Songs and Tweaking Our Understanding, Part 2

Let’s look at three songs: “Cabaret” (from the musical of the same title), “Is That All There Is?” and “More Than a Woman” by the Bee Gees.

In “Cabaret” the character Sally Bowles sings, “Start by admitting from cradle to tomb / It isn’t that long a stay / Life is a cabaret, old chum…” She asserts that life is so short that one shouldn’t take it seriously and should be treated as boisterous fun.

Earlier, she sang:

I used to have this girlfriend known as Elsie
With whom I shared four sordid rooms in Chelsea
She wasn’t what you’d call a blushing flower
As a matter of fact, she rented by the hour

The day she died the neighbors came to snicker:
“Well, that’s what comes from too much pills and liquor
But when I saw her laid out like a queen
She was the happiest corpse I’d ever seen

Does the idea of a happy corpse ring true? As a corollary of this, is it plausible that a smile survives hours after death?

While “Cabaret” compares life to the titular cabaret, there are many other songs with simplified comparisons of life, none of which cover the full breadth of human experience. The French philosopher Maurice Merleau-Ponty wrote that the world is inexhaustible, and to extend this, so too is life.

In “Is That All There Is?” each question has several levels. When confronted with the fire that claims her childhood home, the disappointment of the circus and finally the loss of her love, the song echoes “Cabaret” with the chorus:

Is that all there is?
If that’s all there is my friends, then let’s keep dancing
Let’s break out the booze and have a ball

Much like the way “Cabaret” repeats “Life is a cabaret, old chum / Come to the cabaret”.

In “More Than a Woman” by the Bee Gees, they sing, “We can take forever, just a minute at a time”. Can we visualize this in the concrete terms of the song? In Western tradition, we often associate the search for forever with young love. What does it mean to fuse the momentary and the forever?
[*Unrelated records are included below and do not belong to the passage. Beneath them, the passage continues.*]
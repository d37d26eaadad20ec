//! Remakes gates, one after another, from the signals that are there.

use crate::circuit::WantedNet;
use crate::making::Want;
use crate::net::{flip, word_of};
use crate::numbers::{Allocated, count, item, put};

impl WantedNet {
    /// Remakes gates wherever that takes fewer gates, or up to `more` more than that, until they no longer become fewer or `looks` words
    /// were looked at.
    pub fn improve(&mut self, more: u32, looks: &mut u64) -> Allocated<()> {
        self.net.looks = *looks;
        for _ in 0..u64::MAX {
            let len = self.net.len();
            for signal in (self.net.given..self.net.len()).rev() {
                if signal < self.net.len() && self.net.looks > 0 {
                    self.renew(signal, more)?;
                }
            }
            if self.net.len() >= len || self.net.looks == 0 {
                break;
            }
        }
        *looks = self.net.looks;
        Ok(())
    }

    /// Remakes a gate, if the net doesn't grow by it.
    fn renew(&mut self, signal: u32, more: u32) -> Allocated<()> {
        let (want, behind) = self.want_of(signal)?;
        let len = self.net.len();
        let needed = self.net.needed(&self.literals, (signal, 0), &behind)?;
        let alone = count(needed.iter().filter(|it| !**it).count());
        let most = alone.saturating_sub(1).saturating_add(more);
        self.net.barred = behind.clone()?;
        let mut made = self.net.make(&want, 0)?;
        if made.is_none() {
            for (barred, is_needed) in self.net.barred.iter_mut().zip(&needed) {
                *barred = *barred || !*is_needed;
            }
            made = self.net.make(&want, most)?;
        }
        self.net.barred.fill(false);
        if let Some(literal) = made {
            let mut literals = self.literals.clone()?;
            let net = self.net.rebuilt(&mut literals, (signal, literal), &behind)?;
            self.net.looks = net.looks;
            if net.len() <= len {
                self.net = net;
                self.literals = literals;
                return Ok(());
            }
        }
        self.net.cut(len);
        Ok(())
    }

    /// Returns what is wanted of a signal: its values at the points where a literal would be wrong if the signal were negated. Also returns
    /// which signals depend on it, itself included.
    fn want_of(&mut self, signal: u32) -> Allocated<(Want, Vec<bool>)> {
        let net = &mut self.net;
        let mut behind = vec![in net.alloc; false; net.len() as usize]?;
        let mut values = net.values.clone()?;
        net.look(net.len());
        for other in signal..net.len() {
            let (left, right) = (net.gate(other).left, net.gate(other).right);
            let leads = item(&behind, left / 2, false) || item(&behind, right / 2, false);
            let is_behind = other == signal || leads;
            put(&mut behind, other, is_behind);
            for word in 0..if is_behind { net.words } else { 0 } {
                let both = word_of(&values, left, word, net.words)
                    & word_of(&values, right, word, net.words);
                let place = other.saturating_mul(net.words).saturating_add(word);
                put(&mut values, place, both ^ flip((other == signal) as u32));
            }
        }
        let mut want = Want::new(net.alloc);
        for word in 0..net.words {
            let mut care = 0u64;
            for (literal, wanted) in self.literals.iter().zip(&self.wants) {
                let value = word_of(&values, *literal, word, net.words);
                care |= value & item(&wanted.off, word, 0) | !value & item(&wanted.on, word, 0);
            }
            let value = item(net.values(signal), word, 0);
            want.on.push(care & value)?;
            want.off.push(care & !value)?;
        }
        Ok((want, behind))
    }
}
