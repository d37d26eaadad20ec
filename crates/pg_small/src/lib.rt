//! Small circuits for an automaton whose start the controller wins, also where it moves first. Nothing is promised about a proposal except
//! that the search is safe and ends. To be sure of a circuit, look at all its runs.
#![tactic(auto)]

mod circuit;
mod codes;
mod dice;
mod fewest;
mod freedom;
mod game;
mod improve;
mod machine;
mod making;
mod merging;
mod moore;
mod net;
mod numbers;
mod product;
mod proposal;
mod steps;
mod tree;

pub use moore::propose_moore;
pub use net::Conjunction;
pub use proposal::{SmallCircuit, propose};
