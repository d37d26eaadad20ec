//! Dice that throw the same numbers each time.

use crate::numbers::count;

#[derive(Drop)]
pub struct Dice(u64);

impl Dice {
    pub fn new() -> Dice {
        Dice(1)
    }

    /// Returns a number below `many`, or 0 if that is 0.
    pub fn below(&mut self, many: u32) -> u32 {
        self.0 ^= self.0.wrapping_shl(13);
        self.0 ^= self.0.wrapping_shr(7);
        self.0 ^= self.0.wrapping_shl(17);
        let wide = self.0.wrapping_shr(32).wrapping_mul(many as u64);
        wide.wrapping_shr(32) as u32
    }

    /// Exchanges two numbers of a list, at random places.
    pub fn exchange(&mut self, list: &mut [u32]) {
        let many = count(list.len());
        let (one, two) = (self.below(many) as usize, self.below(many) as usize);
        if one < list.len() && two < list.len() {
            list.swap(one, two);
        }
    }
}
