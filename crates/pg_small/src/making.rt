//! Literals of a net, made as they are wanted.

use crate::net::{Net, flip};
use crate::numbers::{Allocated, item, logarithm};
use std::alloc::Global;

/// What is wanted of a literal: true at the points of `on`, false at those of `off`.
#[derive(Drop)]
pub struct Want {
    pub on: Vec<u64>,
    pub off: Vec<u64>,
}

impl Want {
    /// Returns a `Want` with nothing in it yet.
    pub fn new(alloc: Global) -> Want {
        Want {
            on: Vec::new(alloc),
            off: Vec::new(alloc),
        }
    }
}

/// The most ways that are looked at where one gate may do.
const WAYS: usize = 8;

/// How a literal may serve.
#[derive(Clone, Copy, PartialEq, Eq)]
enum LiteralUse {
    /// Its conjunction with something else.
    And,
    /// The negation of such a conjunction.
    Nand,
    /// A choice of something where it holds, and something else where it doesn't.
    Choose,
}

/// A literal that serves in a way, and how much it tells per gate.
#[derive(Clone, Copy)]
struct Candidate {
    literal: u32,
    way: LiteralUse,
    gain: u32,
}

/// Returns how many ones two lists share, if the second one is flipped by `flip`.
fn shared(words: &[u64], others: &[u64], flip: u64) -> u32 {
    let mut many = 0u32;
    for (word, other) in words.iter().zip(others) {
        many = many.saturating_add((*word & (*other ^ flip)).count_ones());
    }
    many
}

impl Net {
    /// Returns a literal as wanted, of at most `most` new gates, if one is found: of one gate by several ways, or by the way that tells
    /// most. Gates are left over where none is found.
    #[cycle(making)]
    pub fn make(&mut self, want: &Want, most: u32) -> Allocated<Option<u32>> {
        let many = (
            shared(&want.on, &want.on, 0),
            shared(&want.off, &want.off, 0),
        );
        if many.0 == 0 || many.1 == 0 {
            return Ok(Some((many.0 != 0) as u32));
        }
        let there = self.there(want);
        if there.is_some() || most == 0 || self.looks == 0 {
            return Ok(there);
        }
        let ways = self.ways(want, many)?;
        for it in &ways {
            let made = self.make_by(*it, want, 1)?;
            if made.is_some() {
                return Ok(made);
            }
        }
        match ways.first() {
            Some(best) => self.make_by(*best, want, most),
            None => Ok(None),
        }
    }

    /// Makes a literal as wanted from a candidate, of at most `most` new gates, if one is found.
    #[cycle(making)]
    fn make_by(&mut self, best: Candidate, want: &Want, most: u32) -> Allocated<Option<u32>> {
        let Candidate { literal, way, .. } = best;
        let cost = if way == LiteralUse::Choose { 3 } else { 1 };
        if most == 0 || most < cost {
            return Ok(None);
        }
        let mark = self.len();
        let rest = self.rest(want, way, literal)?;
        let Some(then) = self.make(&rest, (most - cost).min(most - 1))? else {
            return Ok(None);
        };
        if way != LiteralUse::Choose {
            let negated = (way == LiteralUse::Nand) as u32;
            return Ok(Some(self.and(literal, then ^ negated)? ^ negated));
        }
        let used = self.len().saturating_sub(mark).saturating_add(3);
        let rest = self.rest(want, way, literal ^ 1)?;
        let Some(other) = self.make(&rest, most.saturating_sub(used).min(most - 1))? else {
            return Ok(None);
        };
        let one = self.and(literal, then)?;
        let two = self.and(literal ^ 1, other)?;
        Ok(Some(self.and(one ^ 1, two ^ 1)? ^ 1))
    }

    /// Returns a literal that is there and as wanted, if there is one.
    fn there(&mut self, want: &Want) -> Option<u32> {
        self.looks = self.looks.saturating_sub(self.len() as u64 * 2);
        (0..self.len().saturating_mul(2)).find(|literal| {
            let turn = flip(*literal);
            let wants = want.on.iter().zip(&want.off);
            let mut words = self.values(*literal / 2).iter().zip(wants);
            let serves = words.all(|(word, (on, off))| {
                let word = *word ^ turn;
                !word & *on == 0 && word & *off == 0
            });
            serves && !item(&self.barred, *literal / 2, true)
        })
    }

    /// Returns the literals that serve, those that tell most first, and at most `WAYS`.
    fn ways(&mut self, want: &Want, many: (u32, u32)) -> Allocated<Vec<Candidate>> {
        self.look(self.len().saturating_mul(2));
        let mut ways = Vec::new(self.alloc);
        for signal in 0..self.len() {
            if !item(&self.barred, signal, true) {
                let it = self.see(signal, want, many);
                if it.gain > 0 {
                    ways.push(it)?;
                }
            }
        }
        ways.sort_by_key(|it: &Candidate| u32::MAX - it.gain)?;
        ways.truncate(WAYS);
        Ok(ways)
    }

    /// Returns the values of a literal as what is wanted.
    pub fn want_of(&self, literal: u32) -> Allocated<Want> {
        let mut want = Want::new(self.alloc);
        for word in self.values(literal / 2) {
            want.on.push(*word ^ flip(literal))?;
            want.off.push(!*word ^ flip(literal))?;
        }
        Ok(want)
    }

    /// Returns what is wanted besides a literal that serves in a way.
    fn rest(&self, want: &Want, way: LiteralUse, literal: u32) -> Allocated<Want> {
        let mut rest = Want::new(self.alloc);
        let wants = want.on.iter().zip(&want.off);
        for (word, (on, off)) in self.values(literal / 2).iter().zip(wants) {
            let word = *word ^ flip(literal);
            rest.on.push(if way == LiteralUse::And {
                *on
            } else {
                *on & word
            })?;
            rest.off.push(if way == LiteralUse::Nand {
                *off
            } else {
                *off & word
            })?;
        }
        Ok(rest)
    }

    /// Returns a signal as a candidate, where true is wanted at `on` points and false at `off` points.
    fn see(&self, signal: u32, want: &Want, (on, off): (u32, u32)) -> Candidate {
        let values = self.values(signal);
        let (mut on_one, mut on_zero, mut off_one, mut off_zero) = (0u64, 0u64, 0u64, 0u64);
        for ((word, on), off) in values.iter().zip(&want.on).zip(&want.off) {
            on_one |= *word & *on;
            on_zero |= !*word & *on;
            off_one |= *word & *off;
            off_zero |= !*word & *off;
        }
        let literal = signal.saturating_mul(2);
        let (literal, way) = match (on_zero, on_one, off_one, off_zero) {
            (0, _, _, _) => (literal, LiteralUse::And),
            (_, 0, _, _) => (literal | 1, LiteralUse::And),
            (_, _, 0, _) => (literal | 1, LiteralUse::Nand),
            (_, _, _, 0) => (literal, LiteralUse::Nand),
            _ => (literal, LiteralUse::Choose),
        };
        let on_true = shared(&want.on, values, flip(literal));
        let off_true = shared(&want.off, values, flip(literal));
        let on_false = on.saturating_sub(on_true);
        let off_false = off.saturating_sub(off_true);
        let mut left = pairs(on_true, off_true);
        let mut cost = 1;
        if way == LiteralUse::Choose {
            left = left.saturating_add(pairs(on_false, off_false));
            cost = if signal < self.given { 3 } else { u32::MAX };
        }
        let gain = logarithm(pairs(on, off)).saturating_sub(logarithm(left)) / cost;
        Candidate { literal, way, gain }
    }
}

/// Returns how many pairs of a point of `on` and a point of `off` there are, in units of 1/256, given how many points there are.
fn pairs(on: u32, off: u32) -> u64 {
    (on as u64).saturating_mul(off as u64).saturating_mul(256)
}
The Bee Gees song gives us an entry to the changing sense of time experienced by a living person, as contrasted to the objective time of a fossil carbon-dated by a paleontologist.

Songs and Tweaking Our Understanding

In any public place, you’re likely to be surrounded by faces reflecting an unshakeable puzzlement of people who have sleepwalked through life. Songs capture this perplexity. Take “Hier encore” by Charles Aznavour, which has subsequently been translated into a myriad of languages and covered by many artists.

Yesterday, when I was young
The taste of life was sweet as rain upon my tongue
I teased at life as if it were a foolish game
The way the evening breeze may tease a candle flame
The thousand dreams I dreamed, the splendid things I planned
I always built, alas, on weak and shifting sand
I lived by night and shunned the naked light of day
And only now I see how the years ran away

Yesterday, when I was young
So many drinking songs were waiting to be sung
So many wayward pleasures lay in store for me
And so much pain my dazzled eyes refused to see
I ran so fast that time and youth at last ran out
I never stopped to think what life was all about
And every conversation I can now recall
Concerned itself with me, me and nothing else at all

Yesterday, the moon was blue
And every crazy day brought something new to do
I used my magic age as if it were a wand
And never saw the waste and emptiness beyond
The game of love I played with arrogance and pride
And every flame I lit too quickly, quickly died
The friends I made all seemed somehow to drift away
And only I am left on stage to end the play

There are so many songs in me that won’t be sung
I feel the bitter taste of tears upon my tongue
The time has come for me to pay for yesterday
When I was young
Young, young…

Notice that “Yesterday, when I was young” is a poetic conceit discussing his youth. Orbiting this thought is a song by Crosby, Stills & Nash, the first of which is “Wasted on the Way”, regretting the singers’ wasted lives. Another is “We May Never Pass This Way (Again)” by Seals & Crofts. These songs tweak our understanding by reminding us in a painful, yet melodious way, that we are all swept along by life’s pressures and events.

Imagine that one is aware of this trend early enough to avoid it and attempts to sidestep this fate. However, there’s a danger on the other side of mindless snarling rebellion, in the vein of Billy Idol’s “Rebel Yell”.

Finally, there are musical styles such as Portuguese fado, characterized by mournful tunes and lyrics that straddle the loss of one’s true love and the loss of Portuguese influence in the world, such as Latin America supplanting Portugal as the center of Portuguese culture. In all of these, the “once upon a time” is at the level of youth, one’s romance and eventually life, which “never comes again”.

Perhaps the most sobering line in popular music is “all we are is dust in the wind” (from “Dust in the Wind” by Kansas). One might benefit from a moment of quiet reflection on this lyric.